▶ **Problem description**
All the data beneath this line is to be reproduced exactly.

+++++

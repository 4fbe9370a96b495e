//! The sequence numbers of a log's frames, one frame after the other.

use crate::fields::Fields;
use checkpoint::WINDOW;
use op::checkpoint::count;

/// How many bytes an operation has at least.
const LEAST_OPERATION: usize = 25;

/// The kind of an operation that has a source.
const INDEX: u8 = 1;

/// What the numbers of a frame are to those before it.
#[derive(Clone, Copy, Debug, PartialEq, Eq)]
pub(crate) enum Reach {
    /// A copy can have written them.
    Near,
    /// One is more than the window past those before it, so that no copy has written it.
    Far,
}

/// The numbers that a log has had: all are below this one.
#[derive(Clone, Copy, Drop)]
pub(crate) struct Numbers {
    next: u64,
}

impl Numbers {
    /// None yet.
    pub(crate) fn new() -> Numbers {
        Numbers { next: 0 }
    }

    /// Passes over bytes in which so many were.
    pub(crate) fn pass(&mut self, count: u64) {
        self.next = self.next.saturating_add(count);
    }

    /// Takes those of one more frame; nothing where its content can't be read.
    pub(crate) fn take(&mut self, content: &[u8]) -> Option<Reach> {
        let mut fields = Fields::of(content);
        let reach = match fields.byte()? {
            1 => self.take_kept(&mut fields)?,
            2 => return self.take_resync(&mut fields),
            3 => return self.take_recovery(&mut fields),
            4 => self.take_group(&mut fields)?,
            5 => Reach::Near,
            _ => return None,
        };
        if reach == Reach::Near && fields.len() > 0 {
            return None;
        }
        Some(reach)
    }

    /// The fields of an operation's record.
    fn take_kept(&mut self, fields: &mut Fields<'_>) -> Option<Reach> {
        let known = counted(fields)?;
        let seq = fields.long()?;
        skip_operation(fields)?;
        let is_near = seq < self.next.saturating_add(WINDOW);
        self.next = self.next.max(seq.saturating_add(1));
        Some(reach_of(is_near && known <= self.next.saturating_add(WINDOW)))
    }

    fn take_resync(&mut self, fields: &mut Fields<'_>) -> Option<Reach> {
        fields.long()?;
        let known = counted(fields)?;
        let operations = counted_operations(fields)?;
        let is_near = known <= self.next.saturating_add(WINDOW);
        self.next = self.next.max(known.saturating_add(operations));
        Some(reach_of(is_near))
    }

    fn take_recovery(&mut self, fields: &mut Fields<'_>) -> Option<Reach> {
        fields.long()?;
        let operations = counted_operations(fields)?;
        self.next = self.next.max(operations);
        Some(Reach::Near)
    }

    fn take_group(&mut self, fields: &mut Fields<'_>) -> Option<Reach> {
        let records = fields.word()?;
        for _ in 0..records {
            if self.take_kept(fields)? == Reach::Far {
                return Some(Reach::Far);
            }
        }
        Some(Reach::Near)
    }
}

fn reach_of(is_near: bool) -> Reach {
    if is_near { Reach::Near } else { Reach::Far }
}

/// A checkpoint, as the number of those that it counts.
fn counted(fields: &mut Fields<'_>) -> Option<u64> {
    let known = fields.long()?.cast_signed();
    if known < -1 {
        return None;
    }
    Some(count(known))
}

/// How many operations follow; there are no more than have room.
fn counted_operations(fields: &mut Fields<'_>) -> Option<u64> {
    let operations = fields.word()?;
    if fields.len() / LEAST_OPERATION < operations as usize {
        return None;
    }
    Some(operations as u64)
}

/// Skips what stands behind the number of an operation: its term and version, its kind, its id and its source.
fn skip_operation(fields: &mut Fields<'_>) -> Option<()> {
    fields.long()?;
    fields.long()?;
    let kind = fields.byte()?;
    let id = fields.short()?;
    fields.take(id as usize)?;
    if kind == INDEX {
        let source = fields.word()?;
        fields.take(source as usize)?;
    }
    Some(())
}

+++++

▶ **Output for this task**
repository 4fbe9370a96b495e
//! The sequence numbers of a log's frames, one frame after the other.

use crate::fields::Fields;
use checkpoint::WINDOW;
use op::checkpoint::count;

/// How many bytes an operation has at least.
const LEAST_OPERATION: usize = 25;

/// The kind of an operation that has a source.
const INDEX: u8 = 1;

/// What the numbers of a frame are to those before it.
#[derive(Clone, Copy, Debug, PartialEq, Eq)]
pub(crate) enum Reach {
    /// A copy can have written them.
    Near,
    /// One is more than the window past those before it, so that no copy has written it.
    Far,
}

/// The numbers that a log has had: all are below this one.
#[derive(Clone, Copy, Drop)]
pub(crate) struct Numbers {
    next: u64,
}

impl Numbers {
    /// None yet.
    pub(crate) fn new() -> Numbers {
        Numbers { next: 0 }
    }

    /// Passes over bytes in which so many were.
    pub(crate) fn pass(&mut self, count: u64) {
        self.next = self.next.saturating_add(count);
    }

    /// Takes those of one more frame; nothing where its content can't be read.
    pub(crate) fn take(&mut self, content: &[u8]) -> Option<Reach> {
        let mut fields = Fields::of(content);
        let reach = match fields.byte()? {
            1 => self.take_kept(&mut fields)?,
            2 => return self.take_resync(&mut fields),
            3 => return self.take_recovery(&mut fields),
            4 => self.take_group(&mut fields)?,
            5 => Reach::Near,
            _ => return None,
        };
        if reach == Reach::Near && fields.len() > 0 {
            return None;
        }
        Some(reach)
    }

    /// The fields of an operation's record.
    fn take_kept(&mut self, fields: &mut Fields<'_>) -> Option<Reach> {
        let known = counted(fields)?;
        let seq = fields.long()?;
        skip_operation(fields)?;
        let is_near = seq < self.next.saturating_add(WINDOW);
        self.next = self.next.max(seq.saturating_add(1));
        Some(reach_of(is_near && known <= self.next.saturating_add(WINDOW)))
    }

    fn take_resync(&mut self, fields: &mut Fields<'_>) -> Option<Reach> {
        fields.long()?;
        let known = counted(fields)?;
        let operations = counted_operations(fields)?;
        let is_near = known <= self.next.saturating_add(WINDOW);
        self.next = self.next.max(known.saturating_add(operations));
        Some(reach_of(is_near))
    }

    fn take_recovery(&mut self, fields: &mut Fields<'_>) -> Option<Reach> {
        fields.long()?;
        let operations = counted_operations(fields)?;
        self.next = self.next.max(operations);
        Some(Reach::Near)
    }

    fn take_group(&mut self, fields: &mut Fields<'_>) -> Option<Reach> {
        let records = fields.word()?;
        for _ in 0..records {
            if self.take_kept(fields)? == Reach::Far {
                return Some(Reach::Far);
            }
        }
        Some(Reach::Near)
    }
}

fn reach_of(is_near: bool) -> Reach {
    if is_near { Reach::Near } else { Reach::Far }
}

/// A checkpoint, as the number of those that it counts.
fn counted(fields: &mut Fields<'_>) -> Option<u64> {
    let known = fields.long()?.cast_signed();
    if known < -1 {
        return None;
    }
    Some(count(known))
}

/// How many operations follow; there are no more than have room.
fn counted_operations(fields: &mut Fields<'_>) -> Option<u64> {
    let operations = fields.word()?;
    if fields.len() / LEAST_OPERATION < operations as usize {
        return None;
    }
    Some(operations as u64)
}

/// Skips what stands behind the number of an operation: its term and version, its kind, its id and its source.
fn skip_operation(fields: &mut Fields<'_>) -> Option<()> {
    fields.long()?;
    fields.long()?;
    let kind = fields.byte()?;
    let id = fields.short()?;
    fields.take(id as usize)?;
    if kind == INDEX {
        let source = fields.word()?;
        fields.take(source as usize)?;
    }
    Some(())
}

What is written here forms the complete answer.